§ Work to be completed:
Among the lines below, take the one holding "(over_any found.old rec)", the one holding "(file_length self.now.sizes) n", and all lines between them. Set them down exactly.

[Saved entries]
══════════

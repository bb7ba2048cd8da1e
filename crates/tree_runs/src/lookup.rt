//! Lookups in the components.
ghost use Rattle.std.specs.Prelude.{◌≡◌, ◌≢◌, ◌+◌, ◌*◌, ◌≤◌, ◌↔◌, ℕ, Option, Some, Ok, Err, length, IsTrue, IfOk, IfSome};
ghost use Rattle.blsm_model.specs.Format.{least_full};
ghost use Rattle.blsm_model.specs.Geometry.{file_length};
ghost use Rattle.record_delta.specs.Entries.{is_above as is_above_key, over_any, record_of_key};
ghost use Rattle.page_space.specs.Space.{role_count};
ghost use Rattle.page_file.specs.Component.{entries_of};
ghost use Rattle.page_file.specs.File.{Reads};
ghost use Rattle.record_delta.specs.declared.record.Rec.{Rec};
ghost use Rattle.run_cursor.specs.Lookup.{IsDamaged};
ghost use Rattle.tree_file.specs.Tree.{Tree, HoldsTree};
ghost use Rattle.tree_runs.specs.Runs.{AreRuns, fences_of_tag, filter_of, finished_by_pass, front_of, guide_at, released_by};
ghost use Rattle.tree_runs.specs.Holding.{AreGuided};
ghost use Rattle.tree_runs.specs.Lookups.{AreAsked, AreToldBy, CountsYes, HasRecord, HidesOlder, IsDamageBelow, IsFloorOf, IsToldBy, found_by};
ghost use Rattle.tree_runs.specs.Lookups.{first_record, first_run, first_tag, from_newest};

use crate::runs::Runs;
use blsm_model::{Component, Key};
use disk_trait::Disk;
use merge_ends::Finished;
use page_file::{Broken, no_component};
use page_space::Role;
use record_delta::{Rec, fold_over};
use run_cursor::find;

// What was found so far over an older record.
#[inline(never)]
fn put_under(found: &mut Option<Rec>, older: Rec)
    ensures { found.new ≡ over_any found.old (Some older) }
{
    match found {
        Some(newer) => fold_over(newer, &older),
        None => *found = Some(older),
    }
}

// Whether it is a base or a tombstone, over which all that is older is hidden.
fn hides_older(found: &Option<Rec>) -> bool
    ensures { IsTrue result ↔ HidesOlder found.now }
{
    matches!(found, Some(Rec::Base(_) | Rec::Tomb))
}

// Whether a key is above a floor.
pub(crate) fn is_above(floor: &Option<Key>, key: &Key) -> bool
    ensures { result ≡ is_above_key floor.now key.now }
{
    match floor {
        Some(floor) => floor.cmp(key).is_lt(),
        None => true,
    }
}

impl Runs {
    /// Puts the record of a key over what the components have of it: what was found so far, which stands above them all, is folded over the
    /// records of C1, C1' and C2. Of each component it reads one page at most, and none where the component's filter says no; it ends at the
    /// first base or tombstone. It moves no cursor.
    ///
    /// The floor is table A's. Where the key isn't above it the table's record may have been dropped: then the pass's finished pages, which have it
    /// folded over C1's, are asked in place of C1.
    ///
    /// `Damaged` names the page that was asked and isn't valid; it never comes where the file holds a tree that filters and fences are of, nor of
    /// the pass where it runs over its lists. `Fault` comes just where the disk's count of faults rose.
    /// A clause each for the record on an honest disk, for what any pages tell, for where it ends, and for the calls.
    pub fn find<D: Disk>(
        &self,
        disk: &mut D,
        key: &Key,
        floor: &Option<Key>,
        found: &mut Option<Rec>,
    ) -> Result<(), Broken>
        requires runs { AreRuns self.now }
        requires length { IsTrue (D.state disk.old).tells_bytes → length (D.state disk.old).bytes ≡ file_length self.now.sizes }
        ensures lists { (tree : Tree) → IsTrue (D.state disk.old).is_honest → HoldsTree self.now.sizes tree (D.state disk.old).bytes
            → tree.catalogue ≡ self.now.catalogue → AreGuided self.now.guides self.now.tags tree
            → IsFloorOf floor.now self.now tree (D.state disk.old).bytes → result ≢ Err Broken.Fault
            → found_by result found.new ≡ Ok (over_any found.old (over_any (first_record floor.now key.now tree)
            (over_any (record_of_key key.now (entries_of tree.c1x)) (record_of_key key.now (entries_of tree.c2))))) }

        // Whatever the components read as, the answer is what the pages that are asked say of the key, and the first of them that is damaged is
        // named.
        ensures told { IfOk (found_by result found.new) (λ rec. IsTrue (D.state disk.old).is_honest
            → AreToldBy self.now.sizes key.now (D.state disk.old).bytes (from_newest floor.now key.now self.now) found.old rec) }
        ensures damaged { (n : ℕ) → result ≡ Err (Broken.Damaged n) → IsTrue (D.state disk.old).is_honest
            → IsDamageBelow self.now.sizes key.now (D.state disk.old).bytes (from_newest floor.now key.now self.now) found.old n }

        // It makes as many calls at most as filters say yes, and none below a base or a tombstone.
        ensures asks { (c1 c1x c2 : ℕ) → CountsYes (filter_of self.now (first_tag floor.now key.now self.now)) key.now c1
            → CountsYes (filter_of self.now self.now.tags.c1x) key.now c1x → CountsYes (filter_of self.now self.now.tags.c2) key.now c2
            → Reads (file_length self.now.sizes) (c1 + c1x + c2) result (D.state disk.old) (D.state disk.new) }
        // Where it reads the tree, it asks no component below the first base or tombstone.
        ensures ends { (tree : Tree) (c1 c1x c2 : ℕ) → IsTrue (D.state disk.old).is_honest
            → HoldsTree self.now.sizes tree (D.state disk.old).bytes → tree.catalogue ≡ self.now.catalogue
            → AreGuided self.now.guides self.now.tags tree → IsFloorOf floor.now self.now tree (D.state disk.old).bytes
            → AreAsked found.old floor.now key.now self.now tree c1 c1x c2
            → Reads (file_length self.now.sizes) (c1 + c1x + c2) result (D.state disk.old) (D.state disk.new) }
        ensures reads { Reads (file_length self.now.sizes) 3 result (D.state disk.old) (D.state disk.new) }
        ensures none { HidesOlder found.old → disk.new ≡ disk.old }
    {
        let (first, role) = self.first_asked(floor, key);
        self.find_below(disk, &first, role, key, found)?;
        self.find_below(disk, &self.catalogue.c1x, self.c1x, key, found)?;
        self.find_below(disk, &self.catalogue.c2, self.c2, key, found)
    }

    // What is asked first, and the tag of its pages: C1, or where the key isn't above the floor what the pass has finished.
    fn first_asked(&self, floor: &Option<Key>, key: &Key) -> (Component, Role)
        ensures run { result.0 ≡ first_run floor.now key.now self.now }
        ensures role { result.1 ≡ first_tag floor.now key.now self.now }
    {
        if is_above(floor, key) {
            (self.catalogue.c1, self.c1)
        } else {
            (self.front(), self.pass)
        }
    }

    // The pages that the pass has finished. It stays a call, as a function zeroes all its locals at entry, and most keys are above the floor.
    #[inline(never)]
    pub(crate) fn front(&self) -> Component
        ensures front { result ≡ front_of (finished_by_pass self.now.pass) }
        ensures full { least_full * result.pages ≤ result.weight }
    {
        match self.finished() {
            Some(done) => done.output,
            None => no_component(),
        }
    }

    /// The key up to which all that the pass took is on pages that it has finished. `None` where no page is, or no pass runs.
    pub fn released(&self) -> Option<Key>
        ensures { result ≡ released_by self.now.pass }
    {
        match self.finished() {
            Some(done) => Some(done.key),
            None => None,
        }
    }

    // What the pass has finished of its run, where a page of it is closed.
    fn finished(&self) -> Option<Finished>
        ensures finished { result ≡ finished_by_pass self.now.pass }
        ensures full { IfSome result (λ done. least_full * done.output.pages ≤ done.output.weight) }
    {
        match &self.merges.pass {
            Some(snow) => snow.finished(),
            None => None,
        }
    }

    // The record so far over the one that a run has of the key, whose pages have this tag. Nothing is read where it is a base or a
    // tombstone, over which all is hidden.
    fn find_below<D: Disk>(
        &self,
        disk: &mut D,
        run: &Component,
        role: Role,
        key: &Key,
        found: &mut Option<Rec>,
    ) -> Result<(), Broken>
        requires five { length self.now.guides ≡ role_count }
        requires length { IsTrue (D.state disk.old).tells_bytes → length (D.state disk.old).bytes ≡ file_length self.now.sizes }
        ensures list { (rec : Option Rec) → IsTrue (D.state disk.old).is_honest
            → HasRecord self.now.sizes run.now (guide_at self.now.guides role) key.now (D.state disk.old).bytes rec → result ≢ Err Broken.Fault
            → found_by result found.new ≡ Ok (over_any found.old rec) }
        ensures told { IfOk (found_by result found.new) (λ rec. IsTrue (D.state disk.old).is_honest
            → IsToldBy self.now.sizes key.now (D.state disk.old).bytes (run.now, guide_at self.now.guides role) found.old rec) }
        ensures damaged { (n : ℕ) → result ≡ Err (Broken.Damaged n) → IsTrue (D.state disk.old).is_honest
            → (HidesOlder found.old → ⊥) × IsDamaged self.now.sizes run.now (filter_of self.now role) (fences_of_tag self.now role) key.now n (D.state disk.old).bytes }
        ensures reads { (n : ℕ) → CountsYes (filter_of self.now role) key.now n
            → Reads (file_length self.now.sizes) n result (D.state disk.old) (D.state disk.new) }
        ensures none { HidesOlder found.old → (disk.new ≡ disk.old) × (found_by result found.new ≡ Ok found.old) }
    {
        if hides_older(found) {
            return Ok(());
        }
        let guide = &self.guides[role.number() as usize];
        match find(disk, &self.geometry, run, &guide.filter, &guide.fences, key) {
            Ok(Some(older)) => {
                put_under(found, older);
                Ok(())
            }
            Ok(None) => Ok(()),
            Err(broken) => Err(broken),
        }
    }
}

══════════

§ Answer space:
            → found_by result found.new ≡ Ok (over_any found.old rec) }
        ensures told { IfOk (found_by result found.new) (λ rec. IsTrue (D.state disk.old).is_honest
            → IsToldBy self.now.sizes key.now (D.state disk.old).bytes (run.now, guide_at self.now.guides role) found.old rec) }
        ensures damaged { (n : ℕ) → result ≡ Err (Broken.Damaged n) → IsTrue (D.state disk.old).is_honest
            → (HidesOlder found.old → ⊥) × IsDamaged self.now.sizes run.now (filter_of self.now role) (fences_of_tag self.now role) key.now n (D.state disk.old).bytes }
        ensures reads { (n : ℕ) → CountsYes (filter_of self.now role) key.now n
            → Reads (file_length self.now.sizes) n result (D.state disk.old) (D.state disk.new) }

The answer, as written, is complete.